While the new “priority” is actually seven and it can change any day when a new customer comes along with an “interesting project”.

But the worst part is this: We look away. We treat it as normal.

Maybe because we think that’s what it is. It’s just how things are. Not much we can do about it.

And yet, we must. Because this endless cycle of scattered focus and changing direction has a price tag.

→ It shows up as slower delivery, higher burn, missed opportunities, and rework that should never have been necessary.

→ It shows up as teams hedging their bets because they don’t trust that today’s priority will still be the priority next week.

→ It shows up as leaders approving work that contradicts the strategy because saying no feels harder than absorbing the waste.

And the personal cost is just as high.

People burn out from useless work.

→ From pouring hours into tasks that will be undone in the next reshuffle.

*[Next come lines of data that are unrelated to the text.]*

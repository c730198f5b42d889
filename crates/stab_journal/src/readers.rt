//! Readers that go through a history from its first event and copy no more than what they give.
ghost use Rattle.std.specs.Prelude.{◌≡◌, cond, [], option_to_list};
ghost use Rattle.std.specs.Iterator.{YieldsFirst, item_count};
ghost use Rattle.stab_journal.specs.Journal.{step_at};

use crate::entry::Entry;
use crate::event::{Numbered, Recorded, What};
use stab_base::Seq;
use std::iter::FusedIterator;
use std::marker::Model;

/// The surviving steps of a history, seen as the list of those that weren't given yet.
#[derive(Drop)]
pub struct Survivors<'a> {
    pub(crate) entries: &'a [Entry],
    /// How many events come before the first of `entries`.
    pub(crate) passed: u64,
}

impl<'a> Model for Survivors<'a> {
    ghost use Rattle.std.specs.Prelude.{List};
    ghost use Rattle.stab_journal.specs.declared.event.Numbered.{Numbered};

    ghost Value = { List Numbered };

    ghost use Rattle.std.specs.Prelude.{suc};
    ghost use Rattle.stab_journal.specs.Entries.{kept_from, FitBehind};

    ghost view = { λ it. kept_from (suc it.passed) it.entries.now };

    ghost invariant = { λ it. FitBehind it.passed it.entries.now };
}

impl<'a> Iterator for Survivors<'a> {
    type Item = Numbered;

    ghost next_gives = { YieldsFirst (λ left. left) };

    ghost remaining = { item_count (λ left. left) };

    fn next(&mut self) -> Option<Numbered> {
        while let Some((entry, entries)) = self.entries.split_first() {
            self.entries = entries;
            self.passed += 1;
            let step = live_step(entry, Seq(self.passed));
            if step.is_some() {
                return step;
            }
        }
        None
    }
}

impl<'a> FusedIterator for Survivors<'a> {}

/// The events of one worker, seen as the list of those that weren't given yet.
#[derive(Drop)]
pub struct Own<'a> {
    pub(crate) worker: u32,
    pub(crate) entries: &'a [Entry],
    /// How many events come before the first of `entries`.
    pub(crate) passed: u64,
}

impl<'a> Model for Own<'a> {
    ghost use Rattle.std.specs.Prelude.{List};
    ghost use Rattle.stab_journal.specs.declared.event.Recorded.{Recorded};

    ghost Value = { List Recorded };

    ghost use Rattle.std.specs.Prelude.{suc};
    ghost use Rattle.stab_journal.specs.Entries.{events_in, FitBehind};
    ghost use Rattle.stab_journal.specs.Own.{own_from};

    ghost view = { λ it. own_from it.worker (suc it.passed) (events_in it.entries.now) };

    ghost invariant = { λ it. FitBehind it.passed it.entries.now };
}

impl<'a> Iterator for Own<'a> {
    type Item = Recorded;

    ghost next_gives = { YieldsFirst (λ left. left) };

    ghost remaining = { item_count (λ left. left) };

    fn next(&mut self) -> Option<Recorded> {
        while let Some((entry, entries)) = self.entries.split_first() {
            self.entries = entries;
            self.passed += 1;
            if entry.worker() == self.worker {
                return Some(Recorded {
                    seq: Seq(self.passed),
                    event: entry.event(),
                });
            }
        }
        None
    }
}

impl<'a> FusedIterator for Own<'a> {}

// The step of an entry, where it has one that isn't struck.
fn live_step(entry: &Entry, seq: Seq) -> Option<Numbered>
    ensures { option_to_list result ≡ cond entry.now.struck [] (step_at seq.0 entry.now.event.what) }
{
    match entry.what() {
        What::Step(label) if !entry.is_struck() => Some(Numbered { seq, label }),
        _ => None,
    }
}
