//! The program that a text's syntax stands for: what its names mean, or the first name that means nothing.
#![tactic(auto)]

mod bodies;
mod fault;
mod form;
mod head;
mod header;
mod laws;
mod names;
mod numbers;
mod parts;
mod plan;
mod progress;
mod scoping;
mod seen;
mod stretches;
mod types;

pub use fault::ScopeFault;
pub use laws::{blocks_have_their_lets, programs_are_valid, texts_are_characters};
pub use scoping::scope;
pub use seen::Variable;
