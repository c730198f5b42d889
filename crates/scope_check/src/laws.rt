//! What follows from the definition of a text's program. The calls do nothing.
ghost use Rattle.std.specs.Prelude.{◌≡◌, ℕ, ◌+◌, ◌≤◌, List, length, Option, IfOk, encode_utf8_all};
ghost use Rattle.stab_code.specs.Valid.{IsValid};
ghost use Rattle.stab_lex.specs.declared.token.Token.{Token};
ghost use Rattle.stab_lex.specs.Limits.{max_text};
ghost use Rattle.stab_lex.specs.Pieces.{IsTextOf};
ghost use Rattle.stab_lex.specs.Readings.{Reads};
ghost use Rattle.stab_parse.specs.declared.symbol.Span.{Span};
ghost use Rattle.stab_parse.specs.declared.tree.Function.{Function};
ghost use Rattle.stab_parse.specs.declared.tree.Head.TheVariants.{LetBlock};
ghost use Rattle.stab_parse.specs.Faults.{IsParsed};
ghost use Rattle.stab_parse.specs.Forms.{Form, form, Parts, block_form, head_of_block, names_of, parts_of_items};
ghost use Rattle.stab_parse.specs.Grammar.{Item, Items, Program, next_item};
ghost use Rattle.scope_check.specs.declared.seen.Variable.{Variable};
ghost use Rattle.scope_check.specs.Blocks.{IsBlockOf};
ghost use Rattle.scope_check.specs.Forms.{number_of};
ghost use Rattle.scope_check.specs.Names.{named, text_at};
ghost use Rattle.scope_check.specs.Scope.{Met, form_scoped, program_scoped};

/// The program that the definition gives for a text is one that can be run.
pub fn programs_are_valid()
    ensures { (bytes : List ℕ) (tokens : List Token) (p : Program) → length bytes ≤ max_text → Reads bytes tokens → IsParsed tokens p
        → IfOk (program_scoped bytes p) IsValid }
{}

/// A text of a program is the UTF-8 of the characters that it stands for.
pub fn texts_are_characters()
    ensures { (bytes : List ℕ) (span : Span) (cs : List ℕ) → IsTextOf (named bytes span) cs → text_at bytes span ≡ encode_utf8_all cs }
{}

/// A block without lets means what it would with its names kept. Where a block with items has no fault, it becomes a `Block` of the program, with
/// lets among them or without. An item of it has a slot just where it is written as a let, and it has one part more than items.
pub fn blocks_have_their_lets()
    ensures kept { (bytes : List ℕ) (fs : List Function) (arity : ℕ) (seen : List Variable) (met : Met) (at : ℕ) (names : List (Option Span)) (parts : Parts) → number_of parts ≡ length names + 1
        → form_scoped bytes fs arity seen met (form at (head_of_block names) parts) ≡ form_scoped bytes fs arity seen met (form at (LetBlock names) parts) }
    ensures lets { (bytes : List ℕ) (fs : List Function) (arity : ℕ) (seen : List Variable) (met : Met) (at : ℕ) (is : Items) (i : Item) (m : Span) (last : Form)
        → IfOk (form_scoped bytes fs arity seen met (block_form at (next_item is i m) (parts_of_items (next_item is i m)) last)) (λ t. IsBlockOf (names_of (next_item is i m)) t.0) }
{}
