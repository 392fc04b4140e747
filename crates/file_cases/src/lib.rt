//! Files, and what an opening says of each.
#![tactic(auto)]

use model::Row;
use reading::stage::Part;
use reading::text::scan_text;
use refusal::Refusal;
use sheet::sheet::Sheet;

/// How a text is refused: the number, and the line and the word, or 0 where none applies.
#[derive(Clone, Copy, PartialEq, Debug)]
pub struct Told(pub u8, pub usize, pub usize);

impl From<Refusal> for Told {
    fn from(refusal: Refusal) -> Told {
        Told(refusal.number(), refusal.line(), refusal.word())
    }
}

/// What a sheet over this memory for rows says of a file.
pub fn outcome(file: &[u8], rows: &mut [Row]) -> Result<(), Told> {
    let mut sheet = Sheet::new(rows, &mut []);
    Ok(sheet.open(file)?)
}

/// What is said of a block of rows.
pub fn block_outcome(block: &[u8]) -> Result<(), Told> {
    scan_text(block, Part::Block, None)?;
    Ok(())
}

→ From making decisions that get reversed because someone higher up changed the story overnight.

→ From caring about results that never materialize because the strategy keeps wobbling.

You lose morale.
You lose talent.
You lose speed.
You lose money.

Does this feel familiar? Maybe at some point, you even stopped fighting it.

You approved work you know does not quite fit.
You told yourself this is temporary.
You noticed the priorities multiplying.

But instead of naming it, you adapted.

The moment you recognize this matters more than the agenda for the next retreat. It’s often the first sign that orientation is missing.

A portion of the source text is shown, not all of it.